What to do: Go over the data and copy out each line with "Replaces" in it.

(Saved entries)
//! Jobs that end.

ghost use Rattle.std.specs.Prelude.{◌≡◌, ◌<◌, ◌≤◌, ◌^◌, ◌==◌, ◌++◌, ◌∷◌, [], Some, None, true, false, not, length};
ghost use Rattle.std.specs.Prelude.{map, filter, option_map, IsSome, if◌then◌else◌};
ghost use Rattle.std.specs.List.{find};
ghost use Rattle.dz_history.specs.Legal.{CanFollow};
ghost use Rattle.dz_timer.specs.Values.{failed, refused};
ghost use Rattle.dz_job.specs.Job.{IsJob, JobOf, transfer_for};
ghost use Rattle.dz_job.specs.Job.{refresh_in, retry_in};
ghost use Rattle.dz_fleet.specs.Core.{Core, state_of, ended_of, entry_for, primaries_of, landed, is_old_serial};
ghost use Rattle.dz_fleet.specs.Core.{after_failure, after_refusal, after_success, after_end, settled, failed_core};
ghost use Rattle.dz_fleet.specs.Core.{failure_of};
ghost use Rattle.dz_fleet.specs.Answers.{IsOffered};
ghost use Rattle.dz_fleet.specs.Weighing.{Fits, octets_in, aftermath_in, written, written_at};
ghost use Rattle.dz_fleet.specs.Sound.{IsFlying};
ghost use Rattle.dz_fleet.specs.inner.Flying.{marked};
ghost use Rattle.dz_fleet.specs.inner.Renewing.{renewed_by, written_by, written_in, IsMade};

use crate::fleet::{Fleet, Last};
use crate::flight::Flying;
use crate::places::{own_place, place_of};
use crate::waiting::Waiting;
use crate::weighed::{Renewal, Weighed};
use dz_history::{Entry, Holdings};
use dz_job::{Failure, Job, Verdict};
use dz_name::Name;
use dz_take::{Finished, TakeFault};
use dz_timer::{Schedule, Values};
use dz_zone::Version;
use std::alloc::Global;
use std::mem;
use std::snapshot::Snapshot;
use std::sync::Arc;

impl Fleet {
    /// Ends a job according to what was weighed. It takes no memory.
    pub fn settle(&mut self, job: Job, weighed: Weighed) -> Verdict
        requires flying { IsFlying self.old job }
        requires fits { Fits self.old job weighed }
        ensures verdict { result ≡ weighed.verdict }
        ensures core { self.new ≡ settled self.old job (octets_in weighed.entry) weighed.moment }
    {
        let _ = &self.holdings;
        let (entry, moment, verdict, renewal) = weighed.into_parts();
        match &verdict {
            Verdict::Published { .. } => self.end_taken(&job, entry, renewal),
            Verdict::Confirmed { .. } => self.end_taken(&job, entry, renewal),
            Verdict::Refused(fault) => self.end_unchanged(&job, moment, !is_old_serial(*fault)),
            Verdict::PolicyRefused(_) => self.end_unchanged(&job, moment, true),
            Verdict::Stale(_) => self.end_stale(&job),
            Verdict::OutOfMemory => unreachable!(),
        }
        job.close();
        verdict
    }

    /// Weighs what came of a job that ended at a moment, in seconds below 2^40, and ends it accordingly. Where memory
    /// runs out it ends as one that failed, and nothing is taken.
    pub fn offer(&mut self, alloc: Global, job: Job, finished: Finished, now: u64) -> Verdict
        requires flying { IsFlying self.old job }
        requires transfer { finished.transfer ≡ transfer_for job }
        requires moment { now < 2 ^ 40 }
        ensures { IsOffered self.old job finished.octets now result self.new }
    {
        match self.weigh(alloc, &job, finished, now) {
            Ok(weighed) => self.settle(job, weighed),
            Err(_) => {
                self.fail(job, now);
                Verdict::OutOfMemory
            }
        }
    }

    /// Ends a job that failed at a moment, in seconds below 2^40.
    pub fn fail(&mut self, job: Job, now: u64) -> Failure
        requires flying { IsFlying self.old job }
        requires moment { now < 2 ^ 40 }
        ensures failure { result ≡ failure_of (ended_of self.old job) }
        ensures core { self.new ≡ failed_core self.old job now }
    {
        let failure = match self.ended_of(&job) {
            Some(position) => {
                self.end_stale(&job);
                Failure::Stale(position)
            }
            None => {
                self.end_unchanged(&job, now, false);
                Failure::Failed
            }
        };
        job.close();
        failure
    }

    /// The position of the entry that ended the incarnation of a job in flight, if one did.
    pub(crate) fn ended_of(&self, job: &Job) -> Option<u64>
        requires { IsFlying self.now job.now }
        ensures { result ≡ ended_of self.now job.now }
    {
        match flying_of(&self.flying, job.ticket()) {
            Some(flying) => flying.ended,
            None => unreachable!(),
        }
    }

    /// Removes a job whose incarnation has ended from those in flight.
    fn end_stale(&mut self, job: &Job)
        requires flying { IsFlying self.old job.now }
        requires ended { IsSome (ended_of self.old job.now) }
        ensures { self.new ≡ landed self.old job.now }
    {
        land(&mut self.flying, job.ticket());
    }

    /// Removes a job by which nothing was taken from those in flight. With `whole` the whole zone is asked for next;
    /// otherwise what is asked for next stays.
    fn end_unchanged(&mut self, job: &Job, now: u64, whole: bool)
        requires flying { IsFlying self.old job.now }
        requires standing { ended_of self.old job.now ≡ None }
        requires moment { now < 2 ^ 40 }
        ensures { self.new ≡ (if whole then after_refusal self.old job.now now
            else after_failure self.old job.now now) }
    {
        let retry = retry_of(self.holdings.held(job.zone()));
        let primaries = primaries_of(&self.holdings, job.zone());
        land(&mut self.flying, job.ticket());
        if let Some(place) = place_of(&self.holdings, job.zone()) {
            let values = waits(self.schedule.at(place), now, retry, primaries, whole);
            self.schedule.change(place, values);
        }
    }

    /// Removes a job whose transfer is taken from those in flight.
    fn end_taken(&mut self, job: &Job, entry: Snapshot<Entry>, renewal: Renewal)
        requires flying { IsFlying self.old job.now }
        requires standing { ended_of self.old job.now ≡ None }
        requires entry { entry.value ≡ entry_for job.now (octets_in entry.value) }
        requires follows { IsJob job.now → CanFollow (state_of self.old) entry.value }
        requires made { let octets = octets_in entry.value in
            IsMade self.old job.now octets (aftermath_in self.old job.now octets) renewal }
        ensures { let octets = octets_in entry.value in
            self.new ≡ after_success self.old job.now octets
            (aftermath_in self.old job.now octets) }
    {
        let position = self.holdings.count();
        land(&mut self.flying, job.ticket());
        renew(&mut self.holdings, &mut self.schedule, renewal);
        mark(&mut self.flying, &self.holdings, position);
        let refresh = refresh_of(self.holdings.held(job.zone()));
        let place = own_place(&self.holdings, job.zone());
        let values = self.schedule.at(place).succeeded(job.moment(), refresh);
        self.schedule.change(place, values);
        self.last = Some(Last {
            zone: *job.zone(),
            moment: job.moment(),
        });
        self.history = self.history.and(entry);
    }
}

/// The job in flight with this ticket.
fn flying_of(flying: &[Flying], ticket: u64) -> Option<&Flying>
    ensures { option_map (λ r. r.now) result ≡ find (λ f. f.flight.ticket == ticket) flying.now }
{
    flying.iter().find(|f| f.flight.ticket == ticket)
}

/// Removes the job with this ticket; the others stay in flight.
fn land(flying: &mut Vec<Flying>, ticket: u64)
    ensures { flying.new.items ≡ filter (λ f. not (f.flight.ticket == ticket)) flying.old.items }
{
    flying.retain(|f| f.flight.ticket != ticket);
}

/// RETRY of the version that is held, in seconds; none where no version is held.
fn retry_of(held: Option<&Arc<Version>>) -> Option<u32>
    ensures { result ≡ retry_in (option_map (λ r. r.now.value) held.entry) }
{
    match held {
        None => None,
        Some(version) => Some(version.soa().retry),
    }
}

/// REFRESH of the version that is held, in seconds.
fn refresh_of(held: Option<&Arc<Version>>) -> u32
    ensures { result ≡ refresh_in (option_map (λ r. r.now.value) held.entry) }
{
    match held {
        None => 0,
        Some(version) => version.soa().refresh,
    }
}

/// How many primaries a zone has.
fn primaries_of(holdings: &Holdings, zone: &Name) -> usize
    ensures { result ≡ primaries_of holdings.now zone.now }
{
    match holdings.primaries(zone) {
        None => 1,
        Some(peers) => peers.as_slice().len(),
    }
}

/// What a zone waits for after a job by which nothing was taken.
fn waits(before: Values, now: u64, retry: Option<u32>, primaries: usize, whole: bool) -> Values
    requires busy { before.timing.busy ≡ true }
    requires moment { now < 2 ^ 40 }
    requires some { 1 ≤ primaries }
    requires few { primaries ≤ 8 }
    ensures { result ≡ (if whole then refused before now retry primaries
        else failed before now retry primaries) }
{
    if whole {
        before.refused(now, retry, primaries as u8)
    } else {
        before.failed(now, retry, primaries as u8)
    }
}

/// Replaces what was there by what was made when the transfer was weighed. It takes no memory.
fn renew(holdings: &mut Holdings, schedule: &mut Schedule, renewal: Renewal)
    requires { IsSome (renewed_by renewal) }
    ensures state { Some holdings.new ≡ option_map (λ r. r.state) (renewed_by renewal) }
    ensures values { schedule.new ≡ written schedule.old (written_by renewal) }
{
    match renewal {
        Renewal::Same => unreachable!(),
        Renewal::Taken(others) => replace(holdings, others),
        Renewal::Relisted(others, waiting) => {
            replace(holdings, others);
            write(schedule, waiting);
        }
    }
}

/// Replaces holdings by others.
fn replace(holdings: &mut Holdings, others: Holdings)
    ensures { holdings.new ≡ others }
{
    let old = mem::replace(holdings, others);
    drop(old);
}

/// Writes what zones wait for.
fn write(schedule: &mut Schedule, waiting: Waiting)
    ensures { schedule.new ≡ written schedule.old (written_in waiting) }
{
    match waiting {
        Waiting::Places(pairs) => write_at(schedule, &pairs),
        Waiting::All(others) => {
            let old = mem::replace(schedule, others);
            drop(old);
        }
    }
}

/// Writes what the zones at these places wait for.
fn write_at(schedule: &mut Schedule, pairs: &[(usize, Values)])
    ensures { schedule.new ≡ written_at schedule.old pairs.now }
{
    'pairs: for pair in pairs {
        let (place, values) = *pair;
        if place < schedule.len() {
            schedule.change(place, values);
        }
    }
}

/// Notes the position at each job in flight whose incarnation isn't current any more.
fn mark(flying: &mut Vec<Flying>, holdings: &Holdings, position: u64)
    ensures { flying.new.items ≡ map (marked holdings.now position) flying.old.items }
{
    'jobs: for f in flying.iter_mut() {
        f.ended = ended_at(f, holdings, position);
    }
}

/// The position of the entry that ended the incarnation of a job: the one that is known, or this one where the
/// incarnation isn't current.
fn ended_at(f: &Flying, holdings: &Holdings, position: u64) -> Option<u64>
    ensures { record f.now { ended = result } ≡ marked holdings.now position f.now }
{
    if f.ended.is_none() && !holdings.stands(&f.flight.zone, f.flight.incarnation) {
        Some(position)
    } else {
        f.ended
    }
}

/// Whether a transfer was refused for an old serial, so that differences may still be asked for.
fn is_old_serial(fault: TakeFault) -> bool
    ensures { result ≡ is_old_serial fault }
{
    matches!(fault, TakeFault::OldSerial(_))
}
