//! Jobs in flight.

use dz_job::Flight;
use dz_settings::Key;
use dz_zone::Version;
use std::snapshot::Snapshot;
use std::sync::Arc;

/// A job in flight, and the position of the entry that ended its incarnation. The version that was held and the key are
/// seen by contracts alone.
#[derive(Drop)]
pub(crate) struct Flying {
    pub(crate) flight: Flight,
    pub(crate) held: Snapshot<Option<Arc<Version>>>,
    pub(crate) key: Snapshot<Option<Key>>,
    pub(crate) ended: Option<u64>,
}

Finished task:
/// Replaces what was there by what was made when the transfer was weighed. It takes no memory.
/// Replaces holdings by others.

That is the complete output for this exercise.